▶ _TASK GOAL_: The only thing to report is how many lines of the data contain the word "return".

▶ _GIVEN ENTRIES_:

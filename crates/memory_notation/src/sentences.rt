// Why a claim doesn't hold, in a sentence with the names of the text.
use crate::cases::Case;
use claims::{Atom, Name, Place, Pure};
use memory::Why;
use memory::walks::at;
use notation::quotes::Excerpt;
use std::alloc::{AllocError, Global};
use std::fmt;

// Where the cell at a place leads.
fn target(memory: &[u32], place: Place) -> Option<Place> {
    let (cells, _) = memory.as_chunks::<2>();
    cells
        .iter()
        .find(|[at, _]| *at == place.0)
        .map(|[_, to]| Place(*to))
}

// Why the claim of the case doesn't hold.
#[derive(Clone, Copy)]
struct Reason<'a, 'b> {
    case: &'b Case<'a>,
    why: Why,
}

impl<'a, 'b> Reason<'a, 'b> {
    fn spelled(&self, name: Name) -> Excerpt<'a> {
        Excerpt::new(self.case.asked.spelled(name).as_bytes())
    }

    fn place(&self, name: Name) -> Place {
        at(self.case.names.as_slice(), name)
    }

    fn same<W: fmt::Write>(&self, f: &mut fmt::Formatter<W>, x: Name, y: Name) -> fmt::Result {
        let a = self.spelled(x);
        let b = self.spelled(y);
        let p = self.place(x);
        let q = self.place(y);
        if x.0 == 0 {
            return write!(f, "`same {a} {b}` isn't so: {b} stands for {q}");
        }
        if y.0 == 0 {
            return write!(f, "`same {a} {b}` isn't so: {a} stands for {p}");
        }
        write!(
            f,
            "`same {a} {b}` isn't so: {a} stands for {p} and {b} for {q}"
        )
    }

    fn other<W: fmt::Write>(&self, f: &mut fmt::Formatter<W>, x: Name, y: Name) -> fmt::Result {
        let a = self.spelled(x);
        let b = self.spelled(y);
        let p = self.place(x);
        write!(f, "`other {a} {b}` isn't so: both stand for {p}")
    }

    fn cell<W: fmt::Write>(&self, f: &mut fmt::Formatter<W>, x: Name, y: Name) -> fmt::Result {
        let a = self.spelled(x);
        let b = self.spelled(y);
        let from = self.place(x);
        let to = self.place(y);
        match target(self.case.memory.as_slice(), from) {
            None => write!(f, "`cell {a} {b}` finds no cell at {from}"),
            Some(leads) if leads == to => write!(f, "`cell {a} {b}` finds no cell left at {from}"),
            Some(leads) => write!(
                f,
                "`cell {a} {b}` isn't so: the cell at {from} leads to {leads}, not to {to}"
            ),
        }
    }

    fn row<W: fmt::Write>(
        &self,
        f: &mut fmt::Formatter<W>,
        x: Name,
        y: Name,
        stuck: Place,
    ) -> fmt::Result {
        let a = self.spelled(x);
        let b = self.spelled(y);
        write!(
            f,
            "`row {a} {b}` stops at {stuck}, where there is no cell left"
        )
    }

    fn left_over<W: fmt::Write>(&self, f: &mut fmt::Formatter<W>, i: usize) -> fmt::Result {
        let (cells, _) = self.case.memory.as_slice().as_chunks::<2>();
        let place = cells.get(i).map_or(0, |[at, _]| *at);
        write!(f, "the cell at {place} is left over")
    }
}

impl fmt::Display for Reason<'_, '_> {
    fn fmt<W: fmt::Write>(&self, f: &mut fmt::Formatter<W>) -> fmt::Result {
        let claim = &self.case.asked.question.first;
        match self.why {
            Why::Pure(i) => match claim.pures.get(i) {
                Some(Pure::Same(x, y)) => self.same(f, *x, *y),
                Some(Pure::Other(x, y)) => self.other(f, *x, *y),
                None => f.write_str("a part isn't so"),
            },
            Why::Stuck(i, stuck) => match claim.atoms.get(i) {
                Some(Atom::Cell(x, y)) => self.cell(f, *x, *y),
                Some(Atom::Row(x, y)) => self.row(f, *x, *y, stuck),
                None => f.write_str("a part isn't so"),
            },
            Why::LeftOver(i) => self.left_over(f, i),
        }
    }
}

// Why the claim of the case doesn't hold.
pub fn sentence(heap: Global, case: &Case, why: Why) -> Result<String, AllocError> {
    let reason = Reason { case, why };
    format!(in heap; "{reason}")
}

▶ _WRITTEN RESPONSE_: 2